The most common way that utilities initially get their customer locations into a GIS is through geocoding their billing roster. When geocoding any address data, the 2 critical components that determine the quality of your geocodes is the input address data and the dataset that you are geocoding against.
We’ve heard from a lot of water utilities that the premise locations in their CIS or billing system are of dubious quality and often time there is not a lot of consistency in how the address fields for premises were used. So while billing address data is usually of high quality (otherwise you’d never get paid) premise location is not accurately stored because it was perceived to be of less importance. In this case, step one would be to try and fix some of the issues in the address data you are trying to geocode before you geocode the address data. This may include trying to standardize the input address data (street abbreviations, data structure, etc).
You also want to use the best dataset available to geocode against. Increasingly we are seeing water utilities licensing commercial dataset for geocoding. Particularly they are choosing to license datasets that frequently updated and have the ability to geocode down to a rooftop level.

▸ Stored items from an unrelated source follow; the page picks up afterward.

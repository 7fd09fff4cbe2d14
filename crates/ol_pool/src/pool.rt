//! The pool of cells, shared by the workers.
ghost use Rattle.std.specs.Prelude.{◌≡◌, ◌<◌, length, map};
ghost use Rattle.crossbeam_deque.specs.Handles.{stealer_deque};
ghost use Rattle.ol_pool.specs.Owned.{IsDequeAt};

use crate::deques::Thief;
use std::marker::Model;

/// Cells that wait for a worker: a first-in first-out deque for each hand, from which the other
/// hands steal. No call waits for another thread.
///
/// Contracts view a pool as a `PoolState`: its number of hands, the bound of its cells, and its
/// deques. The cells that passed through it are part of the hands' views.
#[derive(Drop)]
pub struct Pool {
    thieves: Vec<Thief>,
    hands: u32,
    cells: u32,
}

impl Model for Pool {
    ghost use Rattle.std.specs.Prelude.{◌≡◌, length, map};
    ghost use Rattle.crossbeam_deque.specs.Handles.{stealer_deque};
    ghost use Rattle.ol_pool.specs.Pools.{PoolState};

    ghost Value = { PoolState };

    ghost view = { λ pool. record {
      hands = pool.hands;
      cells = pool.cells;
      deques = map (λ t. stealer_deque t) pool.thieves.items;
    } };

    ghost invariant = { λ pool. length pool.thieves.items ≡ pool.hands };
}

impl Pool {
    // The pool of these deques.
    pub(crate) fn of(thieves: Vec<Thief>, hands: u32, cells: u32) -> Pool
        requires { length thieves.items ≡ hands }
        ensures { result ≡ record {
          hands = hands;
          cells = cells;
          deques = map (λ t. stealer_deque t) thieves.items;
        } }
    {
        Pool {
            thieves,
            hands,
            cells,
        }
    }

    /// The bound of the cells: each cell is less than this number. Takes no memory.
    pub fn cells(&self) -> u32
        ensures { result ≡ self.now.cells }
    {
        self.cells
    }

    /// The number of hands. Takes no memory.
    pub fn hands(&self) -> u32
        ensures { result ≡ self.now.hands }
    {
        self.hands
    }

    // The side of a deque from which other hands steal.
    pub(crate) fn thief(&self, at: u32) -> &Thief
        requires { at < self.now.hands }
        ensures { IsDequeAt self.now.deques at (stealer_deque result.now) }
    {
        &self.thieves[at as usize]
    }
}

We somtimes see water and wastewater utilities use parcel centroids as the first step to establishing customer locations. So if you can get a good dataset of parcels in your service area you can use GIS to calculate the centroid of each parcel as the first step to establishing customer locations.
Also we are increasingly speaking with water utilities that are GPSing their meter locations and curb stops during meter replacement projects or wastewater utilities that are GPSing clean outs during field data collection projects.
No matter what automated process you use to get your customers on the map initially, no doubt you’ll have to do some data clean up. For example, you will probably have to do some manual data creation and editing to establish customer locations at commercial and industrial locations or for multi-unit housing. Also you must develop a workflow to keep your customer location dataset in GIS up to date.